Oracle directors give blessing to shareholder lawsuit against Larry Ellison - wstrange
https://techcrunch.com/2019/08/22/oracle-directors-give-blessing-to-shareholder-lawsuit-against-larry-ellison-and-safra-catz/
======
markonen
Top 60 Licensing Pitfalls For Oracle Databases And Oracle Technology Products:
[http://omtco.eu/references/oracle/top-60-licensing-
pitfalls-...](http://omtco.eu/references/oracle/top-60-licensing-pitfalls-for-
oracle-databases-and-oracle-technology-products/)

I saw this document linked on Twitter yesterday and it's just amazing. I
always knew that Larry Ellison's mug was in the dictionary next to the
definition of "customer hostility", but man, it's another thing altogether to
read the _top 60_ ways Oracle will screw you.

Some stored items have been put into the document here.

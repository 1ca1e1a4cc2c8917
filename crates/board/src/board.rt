//! The servers, which all take the same entries in the same order. Entries, reads and replies are
//! frames, so that the bytes may come and go over any wire.
ghost use Rattle.std.specs.Prelude.{◌≡◌, ◌+◌, ◌++◌, ◌∷◌, [], List, length, map, All, true, IfOk};
ghost use Rattle.std.specs.Prelude.{OnOk, OnErr};
ghost use Rattle.tk_shape.specs.declared.shape.Shape.{Shape};
ghost use Rattle.tk_frames.specs.declared.entry.Placed.{Placed};
ghost use Rattle.tk_frames.specs.InOrder.{IsNextAt};
ghost use Rattle.tk_frames.specs.Ranges.{IsPlaced};
ghost use Rattle.tk_frames.specs.Spelling.{placed_frame};
ghost use Rattle.tk_replica.specs.Replica.{StandsFor};
ghost use Rattle.tk_replica.specs.Replies.{reply_bytes};
ghost use Rattle.tk_replica.specs.Restoring.{EndsWithMark};

use crate::fault::Fault;
use std::alloc::Global;
use std::marker::Model;
use std::sync::Arc;
use tk_checkpoint::{checkpoint, restore};
use tk_frames::{Entry, Placed, decode_placed, encode_placed};
use tk_replica::{Epoch, ReplicaState};
use tk_shape::{Bytes, Shape};

/// The servers of a shape. Seen as the shape and what each server has.
#[derive(Drop)]
pub struct Board {
    shape: Shape,
    servers: Vec<ReplicaState>,
}

impl Model for Board {
    ghost use Rattle.board.specs.Boards.{BoardView, IsBoard};

    ghost Value = { BoardView };

    ghost view = { λ b. record { shape = b.shape; servers = b.servers.items } };

    ghost invariant = { λ b. IsBoard b.shape b.servers.items };
}

impl Board {
    /// The servers before any entry.
    pub fn open(alloc: Global, shape: &Shape) -> Result<Board, Fault>
        ensures shape { IfOk result (λ b. b.shape ≡ shape.now) }
        ensures stand { IfOk result (λ b. All (StandsFor shape.now []) b.servers) }
    {
        let mut servers = Vec::new(alloc);
        for _ in 0..shape.servers {
            servers.push(ReplicaState::open(alloc, shape)?)?;
        }
        Ok(Board {
            shape: *shape,
            servers,
        })
    }

    /// Each server takes an entry, at the place behind those that the first one has.
    pub fn take(&mut self, alloc: Global, entry: Entry) -> Result<(), Fault> {
        let Some(position) = self.servers[0].applied().checked_add(1) else {
            return Err(Fault::Over);
        };
        let mut frame = Vec::new(alloc);
        encode_placed(&Placed { position, entry }, &mut frame)?;
        for server in self.servers.iter_mut() {
            take(alloc, server, frame.as_slice())?;
        }
        Ok(())
    }

    /// Each server takes the mark that ends a phase, and makes an epoch of what it has.
    pub fn mark(&mut self, alloc: Global) -> Result<(), Fault> {
        let Some(number) = self.servers[0].last().checked_add(1) else {
            return Err(Fault::Over);
        };
        self.take(alloc, Entry::Mark(number))
    }

    /// The latest epoch of the first server, whose filter tells readers what is worth reading.
    pub fn latest(&self) -> Result<Arc<Epoch>, Fault> {
        let server = &self.servers[0];
        Ok(server.pin(server.last())?)
    }

    /// The reply of each server to its own read frame.
    pub fn replies(&self, alloc: Global, frames: &[Bytes]) -> Result<Vec<Bytes>, Fault>
        ensures counted { IfOk result (λ replies. length replies.items ≡ length frames.now) }
        ensures replies { (shape : Shape) (E : List Placed) → All (StandsFor shape E) self.now.servers
            → IfOk result (λ replies. replies.items ≡ map (reply_bytes shape E) frames.now) }
    {
        if frames.len() != self.servers.len() {
            return Err(Fault::OtherShape);
        }
        answers(alloc, self.servers.as_slice(), frames)
    }

    /// Stops each server, and lets another one go on from what it saved. Right behind a mark the
    /// servers then stand for the same entries.
    pub fn restart(&mut self, alloc: Global) -> Result<(), Fault>
        ensures stand { (E : List Placed) → All (StandsFor self.old.shape E) self.old.servers
            → EndsWithMark E → OnOk result (All (StandsFor self.old.shape E) self.new.servers) }
        ensures kept { OnErr result (self.new ≡ self.old) }
    {
        let servers = all_restarted(alloc, &self.shape, self.servers.as_slice())?;
        self.servers = servers;
        Ok(())
    }
}

/// The reply of each server to its own read frame.
fn answers(alloc: Global, servers: &[ReplicaState], frames: &[Bytes]) -> Result<Vec<Bytes>, Fault>
    requires { length frames.now ≡ length servers.now }
    ensures counted { IfOk result (λ replies. length replies.items ≡ length frames.now) }
    ensures replies { (shape : Shape) (E : List Placed) → All (StandsFor shape E) servers.now
        → IfOk result (λ replies. replies.items ≡ map (reply_bytes shape E) frames.now) }
{
    let mut replies = Vec::new(alloc);
    for (i, server) in servers.iter().enumerate() {
        replies.push(server.serve(alloc, frames[i].as_slice())?)?;
    }
    Ok(replies)
}

/// A server for each of these, which goes on from its checkpoint.
fn all_restarted(
    alloc: Global,
    shape: &Shape,
    servers: &[ReplicaState],
) -> Result<Vec<ReplicaState>, Fault>
    ensures counted { IfOk result (λ made. length made.items ≡ length servers.now) }
    ensures stand { (E : List Placed) → All (StandsFor shape.now E) servers.now → EndsWithMark E
        → IfOk result (λ made. All (StandsFor shape.now E) made.items) }
{
    let mut made = Vec::new(alloc);
    for server in servers {
        made.push(restarted(alloc, shape, server)?)?;
    }
    Ok(made)
}

/// A server that goes on from the checkpoint of another one.
fn restarted(alloc: Global, shape: &Shape, server: &ReplicaState) -> Result<ReplicaState, Fault>
    ensures { (E : List Placed) → StandsFor shape.now E server.now → EndsWithMark E
        → IfOk result (StandsFor shape.now E) }
{
    let mut saved = Vec::new(alloc);
    checkpoint(server, &mut saved)?;
    Ok(restore(alloc, shape, saved.as_slice())?)
}

/// Whether an entry is the next one for a server.
fn is_next(server: &ReplicaState, placed: &Placed) -> bool
    requires { IsPlaced server.now.shape placed.now }
    ensures { result ≡ true → IsNextAt server.now.shape (server.now.applied + 1)
        (server.now.last + 1) placed.now }
{
    if placed.position - 1 != server.applied() {
        return false;
    }
    match &placed.entry {
        Entry::Write(_) => true,
        Entry::Mark(number) => *number - 1 == server.last(),
    }
}

/// A server takes the frame of its next entry. What it refuses changes nothing.
fn take(alloc: Global, server: &mut ReplicaState, frame: &[u8]) -> Result<(), Fault>
    ensures taken { (shape : Shape) (E : List Placed) (p : Placed)
        → StandsFor shape E server.old → IsPlaced shape p → frame.now ≡ placed_frame p
        → OnOk result (StandsFor shape (E ++ p ∷ []) server.new) }
    ensures kept { OnErr result (server.new ≡ server.old) }
{
    let placed = decode_placed(alloc, server.shape(), frame)?;
    if !is_next(server, &placed) {
        return Err(Fault::NotNext {
            applied: server.applied(),
        });
    }
    server.apply(alloc, &placed)?;
    Ok(())
}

My favorite is how you can't use Oracle Technology Network (OTN DEV) licenses
for testing. They're only for development, which is something you do without
testing.

------
thesausageking
Queue Bryan Cantrill's (DTrace, Joyent) USENIX talk on Oracle and Larry
Ellison:

[https://youtu.be/-zRN7XLCRhc?t=2034](https://youtu.be/-zRN7XLCRhc?t=2034)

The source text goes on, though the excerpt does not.